Dorsey v. Nold

In Dorsey v. Nold, 362 Md. 241, 256, 765 A.2d 79 (2001) the Court of Appeals reversed the circuit court's exclusion of a witness's testimony as a sanction for violation of a scheduling order requiring all expert witnesses to be identified by a specified date. The Court held that the circuit court's classification of the excluded witness as an expert whose opinion was developed in preparation for litigation was inaccurate. Id. The Court reasoned that, because the witness in question, although a medical expert, had developed his opinion regarding the cause of death while performing an autopsy on the petitioners' deceased child without the consideration of future litigation, the petitioners' failure to inform the respondent that they wished to call the witness by the date listed in the scheduling order for compliance with Maryland Rule 2-402(e)(1) was not a violation of the scheduling order.

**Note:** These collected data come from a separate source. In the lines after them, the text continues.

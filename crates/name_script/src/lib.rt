//! Reads name scripts: the scripts of Namecoin's outputs that hold a name.
#![tactic(auto)]

mod operation;
mod push;

ghost use Rattle.std.specs.Prelude.{◌≡◌, ℕ, List};
ghost use Rattle.name_script.specs.NameScript.{NameOperation, IsNameScript};

pub use operation::{NameOp, read_name};

/// A script is that of one operation at most.
pub fn one_operation()
    ensures { (script : List ℕ) (a b : NameOperation)
        → IsNameScript script a → IsNameScript script b → a ≡ b }
{}
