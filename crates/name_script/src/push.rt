//! Reads the pushes of a script, and what ends them.

ghost use Rattle.std.specs.Prelude.{◌≡◌};
ghost use Rattle.std.specs.Option.{option_map};
ghost use Rattle.std.specs.Int.{w8, w16, w32};
ghost use Rattle.block_grammar.specs.Fields.{number_at};
ghost use Rattle.name_script.specs.Reading.{push_at, begins_with_drop};

/// The opcodes up to this one, OP_0 among them, push as many bytes as they say.
const LAST_DIRECT: u8 = 0x4B;

const OP_PUSHDATA1: u8 = 0x4C;

const OP_PUSHDATA2: u8 = 0x4D;

const OP_PUSHDATA4: u8 = 0x4E;

const OP_NOP: u8 = 0x61;

const OP_2DROP: u8 = 0x6D;

const OP_DROP: u8 = 0x75;

fn u8_at(bytes: &[u8]) -> Option<(u8, &[u8])>
    ensures { option_map (λ x. (x.0, x.1.now)) result ≡ number_at w8 bytes.now }
{
    let (number, rest) = bytes.split_first_chunk()?;
    Some((u8::from_le_bytes(*number), rest))
}

fn u16_at(bytes: &[u8]) -> Option<(u16, &[u8])>
    ensures { option_map (λ x. (x.0, x.1.now)) result ≡ number_at w16 bytes.now }
{
    let (number, rest) = bytes.split_first_chunk()?;
    Some((u16::from_le_bytes(*number), rest))
}

fn u32_at(bytes: &[u8]) -> Option<(u32, &[u8])>
    ensures { option_map (λ x. (x.0, x.1.now)) result ≡ number_at w32 bytes.now }
{
    let (number, rest) = bytes.split_first_chunk()?;
    Some((u32::from_le_bytes(*number), rest))
}

/// What the push at the front pushes, and the bytes after it.
#[tactic(auto, unfolding(crate::specs::Reading::push_at))]
pub(crate) fn push_of(script: &[u8]) -> Option<(&[u8], &[u8])>
    ensures { option_map (λ x. (x.0.now, x.1.now)) result ≡ push_at script.now }
{
    let (opcode, rest) = script.split_first()?;
    let (len, rest) = match *opcode {
        0..=LAST_DIRECT => (usize::from(*opcode), rest),
        OP_PUSHDATA1 => {
            let (len, rest) = u8_at(rest)?;
            (usize::from(len), rest)
        }
        OP_PUSHDATA2 => {
            let (len, rest) = u16_at(rest)?;
            (usize::from(len), rest)
        }
        OP_PUSHDATA4 => {
            let (len, rest) = u32_at(rest)?;
            (len as usize, rest)
        }
        _ => return None,
    };
    rest.split_at_checked(len)
}

/// Whether an opcode stands at the front that ends the pushes.
pub(crate) fn ends_pushes(script: &[u8]) -> bool
    ensures { result ≡ begins_with_drop script.now }
{
    match script.first() {
        Some(opcode) => matches!(*opcode, OP_DROP | OP_2DROP | OP_NOP),
        None => false,
    }
}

Id. at 245, 259-60. Although "sanctions are available for the violation of directives in scheduling orders," the Court of Appeals determined it inappropriate for the circuit court to impose sanctions in that case. Id. at 256, 260. In Dorsey, 362 Md. at 253, the Court explained the scope of Maryland Rule 2-402(e)(1) as follows: Maryland Rule 2-402(e)(1), deals with experts intended to be called as witnesses, and discovery of the findings and opinions of such experts, otherwise discoverable and "acquired or developed in anticipation of litigation or for trial." The Court of Appeals held that a trial court did not abuse its discretion when it failed to admit evidence that a defendant physician had failed a board certification exam. Id., supra, at 250-51. The Court noted that "although a physician's failure to pass a board certification examination has been held admissible when the physician testifies as an expert, as being relevant to his or her qualifications as an expert, the general rule is that a physician's inability to pass a medical board certification exam has little, if any, relevance to the issue of whether the physician complied with the standard of care required in his or her treatment of a patient." Id., supra, at 250. The Court concluded that "the fact of failure of a board certification examination makes it neither more nor less probable that the physician complied with or departed from the applicable standard of care in the diagnosis or treatment of a particular patient for a particular condition." Id., supra, at 250-51.